**Records drawn from a dataset:**
-- Opening Marker --

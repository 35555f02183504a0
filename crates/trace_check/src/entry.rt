// An entry of a trace, replayed: its event is made, and its records are compared.

ghost use Rattle.std.specs.Prelude.{◌≡◌, ◌+◌, ◌<◌, ◌≤◌, ◌^◌, [], ◌∷◌, Some, length, slice_get, take};
ghost use Rattle.motion_history.specs.Looks.{told};
ghost use Rattle.trace_text.specs.Trace.{entry_records};
ghost use Rattle.trace_text.specs.declared.found.FoundEntry.{FoundEntry};
ghost use Rattle.trace_text.specs.TraceState.{entry_of};
ghost use Rattle.trace_check.specs.FoundRecords.{found_entry_records};
ghost use Rattle.trace_check.specs.Stops.{EntryReplays, StopsAt};
ghost use Rattle.trace_text.specs.TraceKept.{IsEntryRead, IsTraceKept};

use crate::difference::{Stop, differing};
use crate::making::{has_room, make};
use crate::record::Record;
use crate::rows::wrong_record;
use crate::texts::{entry_record, found_record};
use motion_history::EntryLook;
use motion_kernel::SegmentedKernel;
use std::alloc::Global;
use trace_text::Trace;

// The stop where there is no room for an entry: a record of empty fields is expected.
fn no_room(alloc: Global, trace: &Trace, entry: u64, found: &EntryLook<'_>, place: u64) -> Stop
    requires { IsTraceKept trace.now }
    ensures { (e : FoundEntry) → slice_get trace.now.found entry ≡ Some e →
        told found.now ≡ entry_of e →
        StopsAt place ([] ∷ []) (found_entry_records trace.now.version trace.now.config e) result }
{
    let Ok(expected) = Record::new(alloc, &[b""; 12]) else {
        return Stop::OutOfMemory;
    };
    let Ok(found) = found_record(alloc, trace, entry, found, 0) else {
        return Stop::OutOfMemory;
    };
    differing(place, expected, found)
}

// The stop at the record of an entry that isn't found so.
fn wrong_at(
    alloc: Global,
    trace: &Trace,
    entry: u64,
    expected: &EntryLook<'_>,
    found: &EntryLook<'_>,
    at: usize,
    place: u64,
) -> Stop
    requires kept { IsTraceKept trace.now }
    requires few { at < 256 }
    requires fits { place + 300 < 2 ^ 64 }
    requires before { (e : FoundEntry) → slice_get trace.now.found entry ≡ Some e →
        told found.now ≡ entry_of e →
        take at (entry_records trace.now.version trace.now.config (told expected.now)) ≡
        take at (found_entry_records trace.now.version trace.now.config e) }
    ensures { (e : FoundEntry) → slice_get trace.now.found entry ≡ Some e →
        told found.now ≡ entry_of e →
        StopsAt place (entry_records trace.now.version trace.now.config (told expected.now))
        (found_entry_records trace.now.version trace.now.config e) result }
{
    let Ok(expected) = entry_record(alloc, trace.version(), trace.config(), expected, at) else {
        return Stop::OutOfMemory;
    };
    let Ok(found) = found_record(alloc, trace, entry, found, at) else {
        return Stop::OutOfMemory;
    };
    differing(place + at as u64, expected, found)
}

// How many records an entry has.
fn records_in(trace: &Trace, entry: &EntryLook<'_>) -> u64
    ensures count { (e : FoundEntry) → IsEntryRead trace.now.version trace.now.config e →
        told entry.now ≡ entry_of e →
        result ≡ length (found_entry_records trace.now.version trace.now.config e) }
    ensures few { result ≤ 300 }
{
    match entry {
        EntryLook::Cycle { .. } => {
            1 + trace.config().axes().len() as u64 + trace.config().groups().len() as u64
        }
        EntryLook::Call { .. } => 1,
        EntryLook::End { .. } => 1,
    }
}

/// Replays the entry at a place counted from 0, whose first record has this number in the text:
/// makes its event, and compares its records. Answers how many there are.
pub fn replay_entry(
    alloc: Global,
    trace: &Trace,
    entry: u64,
    place: u64,
    kernel: &mut SegmentedKernel,
) -> Result<u64, Stop>
    requires kept { IsTraceKept trace.now }
    requires config { kernel.old.config ≡ trace.now.config }
    requires made { length kernel.old.history ≡ entry }
    requires fits { place + 300 < 2 ^ 64 }
    ensures { (e : FoundEntry) → slice_get trace.now.found entry ≡ Some e →
        EntryReplays trace.now e place kernel.old.start kernel.old kernel.new result }
{
    let Some(found) = trace.look(entry) else {
        return Err(Stop::OutOfMemory);
    };
    if !has_room(kernel, &found) {
        return Err(no_room(alloc, trace, entry, &found, place));
    }
    make(kernel, &found);
    let made = kernel.history();
    let Some(expected) = made.look(entry) else {
        return Err(Stop::OutOfMemory);
    };
    match wrong_record(trace, entry, &expected, &found) {
        Some(at) => Err(wrong_at(alloc, trace, entry, &expected, &found, at, place)),
        None => Ok(records_in(trace, &found)),
    }
}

-- Closing Marker --

**Task requirements:**
In the records, locate each line holding the string "else" and copy it.

**Result for this task:**
    let Ok(expected) = Record::new(alloc, &[b""; 12]) else {
    let Ok(found) = found_record(alloc, trace, entry, found, 0) else {
    let Ok(expected) = entry_record(alloc, trace.version(), trace.config(), expected, at) else {
    let Ok(found) = found_record(alloc, trace, entry, found, at) else {
    let Some(found) = trace.look(entry) else {
    let Some(expected) = made.look(entry) else {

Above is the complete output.